▼▼▼

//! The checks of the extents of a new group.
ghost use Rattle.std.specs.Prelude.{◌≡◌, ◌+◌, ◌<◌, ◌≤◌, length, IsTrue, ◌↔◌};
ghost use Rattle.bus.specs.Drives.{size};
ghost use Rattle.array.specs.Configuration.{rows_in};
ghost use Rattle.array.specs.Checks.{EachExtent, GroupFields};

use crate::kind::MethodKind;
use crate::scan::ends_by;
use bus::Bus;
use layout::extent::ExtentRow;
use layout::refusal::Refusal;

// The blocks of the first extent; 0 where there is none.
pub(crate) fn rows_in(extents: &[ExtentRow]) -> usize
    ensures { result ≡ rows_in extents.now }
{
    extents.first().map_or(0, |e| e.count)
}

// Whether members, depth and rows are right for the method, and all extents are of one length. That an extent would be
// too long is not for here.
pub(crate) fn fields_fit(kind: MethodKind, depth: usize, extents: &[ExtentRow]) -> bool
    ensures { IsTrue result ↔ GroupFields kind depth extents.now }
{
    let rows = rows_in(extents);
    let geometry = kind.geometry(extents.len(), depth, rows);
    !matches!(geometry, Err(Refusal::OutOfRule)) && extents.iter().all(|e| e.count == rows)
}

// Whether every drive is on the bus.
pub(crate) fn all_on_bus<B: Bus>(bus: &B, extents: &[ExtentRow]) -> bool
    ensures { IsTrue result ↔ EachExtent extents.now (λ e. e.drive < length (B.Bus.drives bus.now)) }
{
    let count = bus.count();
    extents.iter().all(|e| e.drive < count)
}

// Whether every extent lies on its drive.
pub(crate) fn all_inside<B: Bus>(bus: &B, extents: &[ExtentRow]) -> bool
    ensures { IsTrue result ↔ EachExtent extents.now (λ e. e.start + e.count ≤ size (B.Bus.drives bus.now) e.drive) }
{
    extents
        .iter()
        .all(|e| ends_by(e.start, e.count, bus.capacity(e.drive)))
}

▲▲▲
▼▼▼

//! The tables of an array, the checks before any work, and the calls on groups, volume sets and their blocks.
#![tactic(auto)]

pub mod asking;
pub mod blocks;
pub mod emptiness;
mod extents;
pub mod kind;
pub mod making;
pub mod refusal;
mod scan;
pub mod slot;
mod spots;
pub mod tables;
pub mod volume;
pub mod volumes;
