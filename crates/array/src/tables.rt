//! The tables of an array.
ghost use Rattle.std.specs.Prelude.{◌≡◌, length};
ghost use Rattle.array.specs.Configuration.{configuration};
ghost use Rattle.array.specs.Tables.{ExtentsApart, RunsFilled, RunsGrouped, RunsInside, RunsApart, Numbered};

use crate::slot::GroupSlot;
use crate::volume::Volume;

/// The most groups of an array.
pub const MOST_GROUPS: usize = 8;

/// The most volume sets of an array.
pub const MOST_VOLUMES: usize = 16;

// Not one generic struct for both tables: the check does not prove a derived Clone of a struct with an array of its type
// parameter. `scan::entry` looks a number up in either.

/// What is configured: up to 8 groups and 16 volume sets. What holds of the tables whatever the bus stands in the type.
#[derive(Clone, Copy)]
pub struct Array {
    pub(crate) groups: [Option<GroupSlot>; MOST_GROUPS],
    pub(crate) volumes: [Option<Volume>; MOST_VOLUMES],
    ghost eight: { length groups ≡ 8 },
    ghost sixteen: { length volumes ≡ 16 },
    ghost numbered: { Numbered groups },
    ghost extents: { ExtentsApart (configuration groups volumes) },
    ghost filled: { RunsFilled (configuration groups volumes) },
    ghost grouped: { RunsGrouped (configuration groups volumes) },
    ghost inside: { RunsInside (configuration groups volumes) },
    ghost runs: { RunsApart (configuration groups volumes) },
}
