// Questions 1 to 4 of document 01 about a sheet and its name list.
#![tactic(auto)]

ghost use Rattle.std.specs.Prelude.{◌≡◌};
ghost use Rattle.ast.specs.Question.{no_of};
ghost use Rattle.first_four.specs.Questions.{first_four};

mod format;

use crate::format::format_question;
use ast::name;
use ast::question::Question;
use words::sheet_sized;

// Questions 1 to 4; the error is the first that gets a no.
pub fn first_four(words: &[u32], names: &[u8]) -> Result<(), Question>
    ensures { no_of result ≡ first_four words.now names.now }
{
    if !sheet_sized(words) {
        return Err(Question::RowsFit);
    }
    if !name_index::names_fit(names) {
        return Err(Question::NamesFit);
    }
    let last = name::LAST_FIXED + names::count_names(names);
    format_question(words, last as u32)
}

▲▲▲

▶ [PROBLEM TO SOLVE] Among the records above, extract exactly the lines from the line with "pub mod slot;" to the line with "up in either.", both lines included, and leave out the rest.

▶ [EXERCISE RESPONSE]
pub mod slot;
mod spots;
pub mod tables;
pub mod volume;
pub mod volumes;
filename crates/array/src/tables.rt
//! The tables of an array.
ghost use Rattle.std.specs.Prelude.{◌≡◌, length};
ghost use Rattle.array.specs.Configuration.{configuration};
ghost use Rattle.array.specs.Tables.{ExtentsApart, RunsFilled, RunsGrouped, RunsInside, RunsApart, Numbered};

use crate::slot::GroupSlot;
use crate::volume::Volume;

/// The most groups of an array.
pub const MOST_GROUPS: usize = 8;

/// The most volume sets of an array.
pub const MOST_VOLUMES: usize = 16;

// Not one generic struct for both tables: the check does not prove a derived Clone of a struct with an array of its type
// parameter. `scan::entry` looks a number up in either.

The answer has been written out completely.